WORK TO BE COMPLETED
Among the lines below, which ones contain the word "return"? Copy every such line.

ENTRIES SUPPLIED
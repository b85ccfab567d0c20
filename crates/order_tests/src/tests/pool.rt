// The lives of data pages, and the lowest free page of large pools. In an image of 4 blocks and 4 data pages the one count
// page is page 2.
ghost use Rattle.std.specs.Prelude.{◌≡◌};

use page_alloc::Pool;
use page_layout::Shape;
use std::alloc::Global;
use std::test::Fail;

const COUNTS: u32 = 2;

// What the pool is told, or the lowest free page that it tells.
#[derive(Clone, Copy, Drop)]
enum Step {
    Take(u32),
    Zeroed(u32),
    Tried(u32),
    Written(u32),
    Fixed,
    Lowest(Option<u32>),
}

// A pool of 4 data pages.
#[derive(Drop)]
struct Bench {
    pool: Pool,
    ghost four: { pool.shape.pages ≡ 4 },
}

impl Bench {
    fn new(alloc: Global) -> Result<Bench, Fail> {
        let pool = Pool::new(alloc, &Shape::new(4, 4)?)?;
        Ok(Bench { pool })
    }

    // Does a step, and says whether the pool tells what it is to tell.
    fn follow(&mut self, step: Step) -> bool {
        match step {
            Step::Take(p) if 1 <= p && p <= 4 => self.pool.take(p),
            Step::Zeroed(p) if 1 <= p && p <= 4 => self.pool.zeroed(p),
            Step::Tried(page) => self.pool.count_tried(page),
            Step::Written(page) => self.pool.count_written(page),
            Step::Fixed => self.pool.fixed(),
            Step::Lowest(page) => return self.pool.lowest() == page,
            _ => return false,
        }
        true
    }

    // The first step that goes wrong.
    fn first_wrong(&mut self, steps: &[Step]) -> Option<usize> {
        for (at, step) in steps.iter().enumerate() {
            if !self.follow(*step) {
                return Some(at);
            }
        }
        None
    }
}

const LIVES: [&[Step]; 4] = [
    // A page is free once its zero is fixed.
    &[
        Step::Lowest(Some(1)),
        Step::Take(1),
        Step::Lowest(Some(2)),
        Step::Tried(COUNTS),
        Step::Written(COUNTS),
        Step::Fixed,
        Step::Zeroed(1),
        Step::Lowest(Some(2)),
        Step::Tried(COUNTS),
        Step::Written(COUNTS),
        Step::Lowest(Some(2)),
        Step::Fixed,
        Step::Lowest(Some(1)),
    ],
    // An unborn page is free at once.
    &[Step::Take(1), Step::Zeroed(1), Step::Lowest(Some(1))],
    // A write that failed may have been taken.
    &[
        Step::Take(1),
        Step::Tried(COUNTS),
        Step::Zeroed(1),
        Step::Fixed,
        Step::Lowest(Some(2)),
        Step::Tried(COUNTS),
        Step::Written(COUNTS),
        Step::Fixed,
        Step::Lowest(Some(1)),
    ],
    // Other pages than the count page tell nothing.
    &[
        Step::Take(1),
        Step::Tried(0),
        Step::Written(0),
        Step::Tried(1),
        Step::Written(1),
        Step::Tried(3),
        Step::Written(3),
        Step::Tried(4),
        Step::Written(4),
        Step::Tried(8),
        Step::Written(8),
        Step::Tried(u32::MAX),
        Step::Written(u32::MAX),
        Step::Fixed,
        Step::Lowest(Some(2)),
    ],
];

#[test]
fn lives_of_data_pages(rt: HostRuntime) -> Result<(), Fail> {
    for steps in LIVES {
        let mut bench = Bench::new(rt.alloc())?;
        assert_eq!(rt; bench.first_wrong(steps), None, "of {} steps", steps.len());
    }
    Ok(())
}

// Takes the lowest free page, so many times.
fn take_lowest(pool: &mut Pool, rounds: u32) {
    for _ in 0..rounds {
        if let Some(p) = pool.lowest() {
            pool.take(p);
        }
    }
}

#[test]
fn gives_each_page_once(rt: HostRuntime) -> Result<(), Fail> {
    for (pages, taken, lowest) in [
        (1, 1, None),
        (64, 63, Some(64)),
        (65, 64, Some(65)),
        (4097, 4096, Some(4097)),
        (300_000, 262_144, Some(262_145)),
        (300_000, 300_000, None),
    ] {
        let mut pool = Pool::new(rt.alloc(), &Shape::new(4, pages)?)?;
        take_lowest(&mut pool, taken);
        assert_eq!(rt; pool.lowest(), lowest);
    }
    Ok(())
}
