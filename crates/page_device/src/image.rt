// What a device held at an earlier moment, from what it holds now and from its log.
ghost use Rattle.std.specs.Prelude.{◌≡◌, ℕ, ◌+◌, ◌-◌, ◌<◌, ◌≤◌, ◌∷◌, [], length, slice_set, slice_index, IfOk, OnOk};
ghost use Rattle.std.specs.Bool.{OnTrue, OnFalse};
ghost use Rattle.std.specs.Option.{option_to_list};
ghost use Rattle.page_device.specs.Disk.{DeviceState, at_rest, after, overlay, settled, state_after, written};
ghost use Rattle.page_device.specs.Chosen.{IsChosen};
ghost use Rattle.page_device.specs.Memory.{taken_pages, undone};
ghost use Rattle.page_device.specs.Rebuilt.{state_of};

use crate::{End, LogEntry, NoMemory, Page};
use std::alloc::Global;

// The state of a device: its fixed pages, and the contents written since the last barrier.
#[derive(Drop)]
pub struct Rebuilt {
    fixed: Vec<Page>,
    since: Vec<(u32, Page)>,
}

// The page that the entry wrote, where its content was taken.
fn taken_page(entry: &LogEntry) -> Option<u32>
    ensures { taken_pages (entry.now ∷ []) ≡ option_to_list result }
{
    match entry {
        LogEntry::Write { page, from: _, end } => match end {
            End::Done | End::Taken => Some(*page),
            End::Refused => None,
        },
        LogEntry::Flush { .. } => None,
    }
}

// Sets a page that is there.
fn set_page(pages: &mut Vec<Page>, page: u32, from: &Page)
    ensures { pages.new.items ≡ slice_set pages.old.items page from.now }
{
    let at = page as usize;
    if at < pages.len() {
        pages[at] = from.copy();
    }
}

// Sets the pages of these writes, in order.
fn set_all(pages: &mut Vec<Page>, writes: &[(u32, Page)])
    ensures { pages.new.items ≡ overlay pages.old.items writes.now }
{
    for write in writes {
        set_page(pages, write.0, &write.1);
    }
}

// Sets the pages of these writes, in order, each only as often as `left` says.
fn set_some(pages: &mut Vec<Page>, writes: &[(u32, Page)], left: &mut Vec<u32>)
    ensures { IsChosen (record { fixed = pages.old.items; since = writes.now }) left.old.items pages.new.items }
{
    for write in writes {
        if take_one(left, write.0) {
            set_page(pages, write.0, &write.1);
        }
    }
}

// Lowers the number of the page by one, where it is above zero, and tells whether it was.
fn take_one(left: &mut Vec<u32>, page: u32) -> bool
    ensures some { OnTrue result (0 < slice_index left.old.items page) }
    ensures lowered { OnTrue result (left.new.items ≡ slice_set left.old.items page (slice_index left.old.items page - 1)) }
    ensures none { OnFalse result (slice_index left.old.items page ≡ 0) }
    ensures same { OnFalse result (left.new.items ≡ left.old.items) }
{
    let at = page as usize;
    if at < left.len() && left[at] > 0 {
        left[at] -= 1;
        return true;
    }
    false
}

// The same pages once more.
pub fn copy_all(alloc: Global, pages: &[Page]) -> Result<Vec<Page>, NoMemory>
    ensures { IfOk result (λ copy. copy.items ≡ pages.now) }
{
    let mut copy = Vec::new(alloc);
    for page in pages {
        if copy.push(page.copy()).is_err() {
            return Err(NoMemory);
        }
    }
    Ok(copy)
}

// Takes the writes of these entries back, the last one first: each replaced the content beside it.
pub fn undo(pages: &mut Vec<Page>, entries: &[LogEntry], replaced: &[Page])
    requires { length replaced.now ≡ length (taken_pages entries.now) }
    ensures { pages.new.items ≡ undone pages.old.items (taken_pages entries.now) replaced.now }
{
    let mut left = replaced.len();
    for i in (0..entries.len()).rev() {
        if let Some(page) = taken_page(&entries[i]) {
            left -= 1;
            set_page(pages, page, &replaced[left]);
        }
    }
}

impl Rebuilt {
    // These pages fixed, and nothing pending.
    fn at_rest(alloc: Global, pages: Vec<Page>) -> Rebuilt
        ensures { state_of result ≡ at_rest pages.items }
    {
        Rebuilt {
            fixed: pages,
            since: Vec::new(alloc),
        }
    }

    // Fixes the newest contents.
    fn settle(&mut self)
        ensures { state_of self.new ≡ settled (state_of self.old) }
    {
        set_all(&mut self.fixed, &self.since);
        self.since.clear();
    }

    // Takes a content.
    fn write(&mut self, page: u32, from: &Page) -> Result<(), NoMemory>
        ensures { OnOk result (state_of self.new ≡ written (state_of self.old) page from.now) }
    {
        match self.since.push((page, from.copy())) {
            Ok(()) => Ok(()),
            Err(_) => Err(NoMemory),
        }
    }

    // Goes on by one entry.
    fn follow(&mut self, entry: &LogEntry) -> Result<(), NoMemory>
        ensures { OnOk result (state_of self.new ≡ after (state_of self.old) entry.now) }
    {
        match entry {
            LogEntry::Write { page, from, end } => match end {
                End::Done | End::Taken => self.write(*page, from),
                End::Refused => Ok(()),
            },
            LogEntry::Flush { end } => {
                if let End::Done = end {
                    self.settle();
                }
                Ok(())
            }
        }
    }

    // The state after these entries.
    pub fn after(alloc: Global, start: Vec<Page>, entries: &[LogEntry]) -> Result<Rebuilt, NoMemory>
        ensures { IfOk result (λ state. state_of state ≡ state_after (at_rest start.items) entries.now) }
    {
        let mut state = Rebuilt::at_rest(alloc, start);
        for entry in entries {
            if state.follow(entry).is_err() {
                return Err(NoMemory);
            }
        }
        Ok(state)
    }

    // The image with the contents that are chosen.
    pub fn choose(self, mut choice: Vec<u32>) -> Vec<Page>
        ensures { IsChosen (state_of self) choice.items result.items }
    {
        let Rebuilt {
            fixed: mut image,
            since,
        } = self;
        set_some(&mut image, &since, &mut choice);
        image
    }
}
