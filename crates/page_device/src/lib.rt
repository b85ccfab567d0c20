//! A disk of 4096-byte pages: what a read gives, what a barrier fixes, and what a crash may leave.
//!
//! `specs/Disk.antt` is the disk as plain data, `specs/Meaning.antt` what one call does to it, and
//! `specs/Moments.antt` what a crash at any moment leaves. `Device` is the interface that everything
//! above is written against; `MemDevice` tells all of that, and `FileDevice` is a real file or disk.
#![tactic(auto)]

mod block;
mod device;
mod error;
mod file;
mod image;
mod log;
mod memory;
mod page_file;
#[cfg(test)]
mod tests;

pub use block::Page;
pub use device::{Device, End, LogEntry};
pub use error::{Damage, Failed, NoMemory};
pub use file::FileDevice;
pub use memory::{Lie, MemDevice, Plan};
pub use page_file::PageFile;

RESULT BELOW
            Step::Lowest(page) => return self.pool.lowest() == page,
            _ => return false,
                return Some(at);
        return true;
            return Err(NoMemory);
                return Err(NoMemory);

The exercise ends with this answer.